A partir disso, se reproduz a cultura do estupro, e os espancamentos nas ruas do país. Em 2015 a ONG Transgender Europe (TGEU) divulgou uma pesquisa que afirmou que o Brasil é o país que mais mata travestis e transexuais em todo o mundo. Entre janeiro de 2008 a março de 2014, foram registradas 604 mortes no país. Outra pesquisa ainda mais recente, realizada neste ano, o nornal estadunidense New York Times afirmou que o Brasil vive uma “epidemia de violência contra homossexuais”. De acordo com o Grupo Gay da Bahia, no ano de 2015 houveram registros de 318 mortes de homossexuais no Brasil.

Os números são alarmantes e o cenário é assustador. Como afirma a antropóloga Debora Diniz, os corpos marcados ou sem vida são a prova de sua própria precarização, são a prova do poder normalizador que avança pelos corpos para discipliná-los. Diria ainda que são a prova da cultura da violência. Outro grupo que também tem diariamente seus corpos subjugados é a população indígena, ainda submetida a genocídios constantes, à morte subjetiva e objetiva de seus corpos. A cultura da violência, que encontra sua dimensão extrema na morte desses corpos, é o cotidiano da realidade brasileira.

Tortura como problema crônico

Uma prática ainda comum no Brasil é a tortura, sendo esta um dos resquícios do período da ditadura militar que ainda estampa a face do poder repressivo do Estado brasileiro. Calcada na cultura da violência, a tortura segue sendo praticada no país, principalmente nas prisões e delegacias brasileiras, de acordo com a Organização Human Rights Watch.
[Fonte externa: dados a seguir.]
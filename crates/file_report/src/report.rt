ghost use Rattle.std.specs.Option.{option_map};
ghost use Rattle.std.specs.Prelude.{◌≡◌, ◌≤◌, ◌-◌, length, map, IfOk};
ghost use Rattle.trace_outside.specs.Causes.{Rose, raised};
ghost use Rattle.dat_header.specs.Allowed.{IsBody};
ghost use Rattle.filter_truth.specs.SelectionView.{use_of};
ghost use Rattle.trace_args.specs.Command.{report_view};
ghost use Rattle.run_words.specs.Usage.{uses_in};
ghost use Rattle.run_endings.specs.Ending.{IfNoMemory, Prints};
ghost use Rattle.file_report.specs.Meaning.{latency_report};
ghost use Rattle.run_endings.specs.Outside.{sink_seen};
ghost use Rattle.file_report.specs.Reported.{IsShown, Reported, at_work, file_task, parts_task, shown_task};
ghost use Rattle.file_report.specs.Report.{recording_of};
ghost use Rattle.report_context.specs.Context as spec;
ghost use Rattle.run_endings.specs.Selection.{chosen, set_or_all};
ghost use Rattle.subpage.specs.Arrangement.{CpusRise};
ghost use Rattle.subpage.specs.WithBytes.{with_bytes};

use crate::calls::print_calls;
use crate::events::{print_cpus, print_lines, print_waits};
use crate::list::print_list;
use dat_header::{Body, Header};
use filter_truth::FilterUse;
use report_context::{ItemLines, context_of};
use run_endings::{Resources, Selection, Status, status_or_memory};
use std::alloc::{AllocError, Global};
use std::mem;
use std::thread::Threads;
use trace_args::ReportWords;
use trace_base::{Layout, Part};
use trace_outside::{CopyFault, Failed, File, Gate, Pending, Sink, copy_rest};

/// A report of one file: what it is asked for, and what the file's header says.
#[derive(Drop)]
pub struct ReportPlan<'a, 'w> {
    pub words: &'a ReportWords<'w>,
    pub header: Header,
}

/// How a file was recorded: on how many processors, and where the fields of its sub-buffers stand.
#[derive(Clone, Copy)]
pub struct Recording {
    pub cpus: u32,
    pub layout: Layout,
}

/// What is shown of a file: the form of its lines, how it was recorded, and the parts that have bytes of the chosen processors,
/// with their numbers.
#[derive(Clone, Copy)]
pub(crate) struct Shown<'a> {
    pub(crate) form: &'a ItemLines,
    pub(crate) recording: Recording,
    pub(crate) parts: &'a [(u32, Part)],
}

/// Prints the report of a file: the events, or the calls or the list that the words ask for; for a latency file the rest of it.
pub fn print_report<R: Threads + Sync, I: File, O: Sink, G: Gate>(
    resources: &Resources<'_, R, G>,
    plan: ReportPlan<'_, '_>,
    filters: Vec<FilterUse>,
    file: &mut I,
    out: &mut O,
) -> Status
    requires filters { uses_in (report_view plan.words.now).filters ≡ map use_of filters.items }
    requires inside { plan.header.end ≤ I.size file.old }
    requires parts { IsBody plan.header.cpus plan.header.body }
    requires few { plan.header.cpus ≤ 1024 }
    ensures { Reported (file_task (report_view plan.entry.words.now) plan.entry.header (I.size file.old)) (I.bytes file.old) result
        (at_work I.File O.Sink file.old out.old) (at_work I.File O.Sink file.new out.new) }
{
    let ReportPlan { words, header } = plan;
    let alloc = resources.alloc;
    match words.list {
        Some(list) => print_list(alloc, list, header, out),
        None => match &header.body {
            Body::Latency => print_latency(alloc, header.cpus, header.end, file, out),
            Body::Fly(parts) => match chosen_parts(alloc, words, parts.as_slice()) {
                Ok(chosen) => print_parts(
                    resources,
                    words,
                    filters,
                    header,
                    chosen.as_slice(),
                    file,
                    out,
                ),
                Err(AllocError) => Status::NoMemory,
            },
        },
    }
}

// The parts of the chosen processors that have bytes.
fn chosen_parts(
    alloc: Global,
    words: &ReportWords<'_>,
    parts: &[Part],
) -> Result<Vec<(u32, Part)>, AllocError>
    requires few { length parts.now ≤ 1024 }
    ensures shown { IfOk result (λ shown. shown.items ≡ with_bytes (chosen (set_or_all (report_view words.now).cpus) parts.now)) }
    ensures few { IfOk result (λ shown. length shown.items ≤ 1024) }
{
    Selection::set_or_all(&words.cpus).chosen_with_bytes(alloc, parts)
}

// Prints the events of these parts, or in their place the calls among them.
fn print_parts<R: Threads + Sync, I: File, O: Sink, G: Gate>(
    resources: &Resources<'_, R, G>,
    words: &ReportWords<'_>,
    filters: Vec<FilterUse>,
    header: Header,
    parts: &[(u32, Part)],
    file: &mut I,
    out: &mut O,
) -> Status
    requires filters { uses_in (report_view words.now).filters ≡ map use_of filters.items }
    requires few { length parts.now ≤ 1024 }
    requires rise { CpusRise parts.now }
    ensures { Reported (parts_task words.now.calls words.now.wakeups (spec.context_of (report_view words.now) header) parts.now (recording_of header))
        (I.bytes file.old) result (at_work I.File O.Sink file.old out.old) (at_work I.File O.Sink file.new out.new) }
{
    let recording = Recording {
        cpus: header.cpus,
        layout: header.layout,
    };
    let Ok(context) = context_of(resources.alloc, words, filters, header) else {
        return Status::NoMemory;
    };
    let form = ItemLines { context };
    let shown = Shown {
        form: &form,
        recording,
        parts,
    };
    let status = print_shown(resources, words, &shown, file, out);
    // It lives until the program ends, which gives all memory back at once.
    mem::forget(form);
    status
}

// Prints what is shown: the calls, or the lines of the items, and after these the latencies, as the words ask.
fn print_shown<R: Threads + Sync, I: File, O: Sink, G: Gate>(
    resources: &Resources<'_, R, G>,
    words: &ReportWords<'_>,
    shown: &Shown<'_>,
    file: &mut I,
    out: &mut O,
) -> Status
    requires shown { IsShown shown.now }
    ensures { Reported (shown_task (report_view words.now) shown.now) (I.bytes file.old) result
        (at_work I.File O.Sink file.old out.old) (at_work I.File O.Sink file.new out.new) }
{
    let calls = words.calls;
    let wakeups = words.wakeups;
    if calls {
        return print_calls(resources.alloc, shown, file, out);
    }
    if wakeups {
        return print_waits(resources, words.workers, shown, file, out);
    }
    status_or_memory(print_lines(resources, words.workers, shown, file, out))
}

// Prints the rest of a latency file.
fn print_latency<I: File, O: Sink>(
    alloc: Global,
    cpus: u32,
    end: u64,
    file: &mut I,
    out: &mut O,
) -> Status
    requires { end ≤ I.size file.old }
    ensures prints { Prints (Rose (I.faults file.old) (I.faults file.new))
        (option_map (latency_report cpus end) (I.bytes file.old)) result
        (sink_seen O.Sink out.old) (sink_seen O.Sink out.new) }
    ensures kept { IfNoMemory result (I.faults file.new ≡ I.faults file.old) }
    ensures reads { I.reads file.new ≤ raised (I.reads file.old) (I.size file.old - end) }
{
    let (Ok(mut buffer), Ok(mut pending)) = (copy_buffer(alloc), Pending::new(alloc)) else {
        return Status::NoMemory;
    };
    match print_cpus(cpus, &mut pending, out) {
        Ok(()) => {}
        Err(Failed) => return Status::WriteFault,
    }
    match copy_rest(file, end, &mut buffer, out) {
        Ok(()) => Status::Done,
        Err(CopyFault::Read) => Status::ReadFault,
        Err(CopyFault::Write) => Status::WriteFault,
    }
}

fn copy_buffer(alloc: Global) -> Result<Vec<u8>, AllocError>
    ensures { IfOk result (λ buffer. length buffer.items ≡ 65536) }
{
    vec![in alloc; 0; Pending::ROOM]
}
Em recente relatório, publicado em 2014, a organização afirmou que as autoridades que cometem abusos contra detentos “raramente são levados à Justiça”, citando a condenação de 48 policiais pela morte de detentos na prisão paulista de Carandiru como uma exceção.

A ONG fez duras críticas à impunidade das autoridades policiais brasileiras que se envolvem em práticas abusivas e continuam impunes, classificando o problema como “grave”. De fato, a impunidade pode servir de motor para a perpetuação da cultura da violência por meio de práticas abusivas. Outro relatório publicado em 2016, realizado pelo relator especial em tortura da Organização das Nações Unidas (ONU), atesta que a tortura ainda é uma prática recorrente no Brasil. A tortura não é um problema isolado no país, conclui o relator, sendo uma prática difusa praticada pelo braço repressivo do Estado.

A violência no Brasil, para além dos altos índices de criminalidade, é elevada a uma espécie de razão de Estado. Não conseguimos ainda superar o ranço da ditadura militar e construir uma visão comum de que não é mais possível que ocorram abusos por parte do Estado. Prova disso é o fato de não termos aprimorado no plano jurídico uma Justiça de Transição capaz de punir os torturadores da ditadura, fato este que ocorreu em muitos dos países latino-americanos que também passaram por regimes de exceção. Nesse sentido, a única forma de romper com este ciclo é problematizar a questão. A cultura da violência deve ser problematizada, discutida, contestada, seja em escolas ou em faculdades, nos espaços públicos e privados. É a partir disso que será possível aprimorar o senso ético sobre essa prática.

Thiago Burckhart é estudante de Direito.